KNOXVILLE, Tenn. (WATE) — 2020 saw the highest firearm homicide rate in more than 25 years with a historic increase of 35% in the firearm homicide rate, the Centers for Disease Control said in a report released Tuesday.

The CDC released an analysis looking a the changes in firearm homicide and suicide rates in the United State from 2019 to 2020. In addition to an increase in the firearm homicide rate, researchers with the CDC found disparities by race/ethnicity and poverty level widened.

According to the analysis, firearms were involved in 79% of all homicides and 53% of all suicides in 2020. Firearm homicide rates increased across all age groups with the highest rates and increases seen among those 10-44 years old. Overall, firearm homicide rates are highest among males, adolescents, young adults, and non-Hispanic Black and non-Hispanic American Indian and Alaska Native people. Larger increases in the homicide rates were also seen in counties with higher poverty levels.

The overall firearm suicide rate remained nearly level between 2019 and 2020, however, an increase was seen in people 10-24 and 25-44 years old. This increase was offset by a decrease among those 45-64 years old. When looking at age, sex and race/ethnicity simultaneously, firearm suicide rates increased the most among non-Hispanic, American Indian or Alaska Native males aged 10–44. The analysis also found that rates were highest at the highest poverty level and lowest at the lowest poverty level.

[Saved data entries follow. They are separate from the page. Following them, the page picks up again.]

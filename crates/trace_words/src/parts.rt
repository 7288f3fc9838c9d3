//! Parts of a text.

ghost use Rattle.std.specs.Prelude.{◌<◌};

/// The parts that are left of a text, in order: what stands between separators.
#[derive(Clone, Copy)]
pub struct Parts<'a> {
    pub(crate) separator: char,
    pub(crate) rest: Option<&'a str>,
    ghost ascii: { separator < 128 },
}
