//! How routers hear of their sockets.

use crate::fault::poll_fault;
use busd_core::ServeFault;
use busd_sockets::{MAX_WAITING, NewConnections, PollWaker};
use crossbeam_queue::ArrayQueue;
use mio::Poll;
use routers::Coordinator;
use std::alloc::Global;
use std::net::Net;

/// The polls of a bus, with what wakes its threads and the queues of the connections that come to
/// them.
#[derive(Drop)]
pub(crate) struct Polls {
    /// The poll of the thread that accepts.
    pub(crate) poll: Poll,
    /// What ends the wait of that thread.
    pub(crate) waker: PollWaker,
    pub(crate) coordinator: Coordinator<PollWaker>,
    /// By routers.
    pub(crate) router_polls: Vec<Poll>,
    /// By routers.
    pub(crate) new_connections: Vec<NewConnections>,
}

/// The polls of a bus with so many routers.
pub(crate) fn open_polls<R: Net>(rt: &R, alloc: Global, routers: u8) -> Result<Polls, ServeFault> {
    let poll = Poll::new(rt).map_err(poll_fault)?;
    let waker = PollWaker::new(alloc, &poll).map_err(poll_fault)?;
    let main_waker = waker.try_clone()?;
    let RouterPolls {
        polls,
        wakers,
        new_connections,
    } = open_router_polls(rt, alloc, routers)?;
    Ok(Polls {
        coordinator: Coordinator::new(alloc, wakers, main_waker)?,
        poll,
        waker,
        router_polls: polls,
        new_connections,
    })
}

/// What is made for each router.
#[derive(Drop)]
struct RouterPolls {
    polls: Vec<Poll>,
    wakers: Vec<PollWaker>,
    new_connections: Vec<NewConnections>,
}

fn open_router_polls<R: Net>(
    rt: &R,
    alloc: Global,
    routers: u8,
) -> Result<RouterPolls, ServeFault> {
    let mut polls = RouterPolls {
        polls: Vec::new(alloc),
        wakers: Vec::new(alloc),
        new_connections: Vec::new(alloc),
    };
    for _router in 0..routers {
        polls.open_one(rt, alloc)?;
    }
    Ok(polls)
}

impl RouterPolls {
    /// One more.
    fn open_one<R: Net>(&mut self, rt: &R, alloc: Global) -> Result<(), ServeFault> {
        let poll = Poll::new(rt).map_err(poll_fault)?;
        let waker = PollWaker::new(alloc, &poll).map_err(poll_fault)?;
        self.wakers.push(waker)?;
        self.polls.push(poll)?;
        let new_connections = ArrayQueue::new(alloc, MAX_WAITING)?;
        self.new_connections.push(new_connections)?;
        Ok(())
    }
}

“The tragic and historic increase in firearm homicide and the persistently high rates of firearm suicide underscore the urgent need for action to reduce firearm-related injuries and deaths,” said CDC Director Rochelle Walensky, M.D., M.P.H. “By addressing factors contributing to homicide and suicide and providing support to communities, we can help stop violence now and in the future.”

The CDC said a “comprehensive approach is needed to help reduce firearm-related deaths”. In a release, the CDC suggests using strategies focusing on underlying conditions to reduce disparities and the risk for violence while strengthening protective factors at the individual, family, and community levels.

“Firearm deaths are preventable—not inevitable—and everyone has a role to play in prevention,” said Debra Houry, M.D., M.P.H, CDC acting principal deputy director and director, CDC’s National Center for Injury Prevention and Control. “Resources like CDC’s violence prevention technical packages and surveillance systems can give leaders tools to lay the foundation for healthier and safer communities.”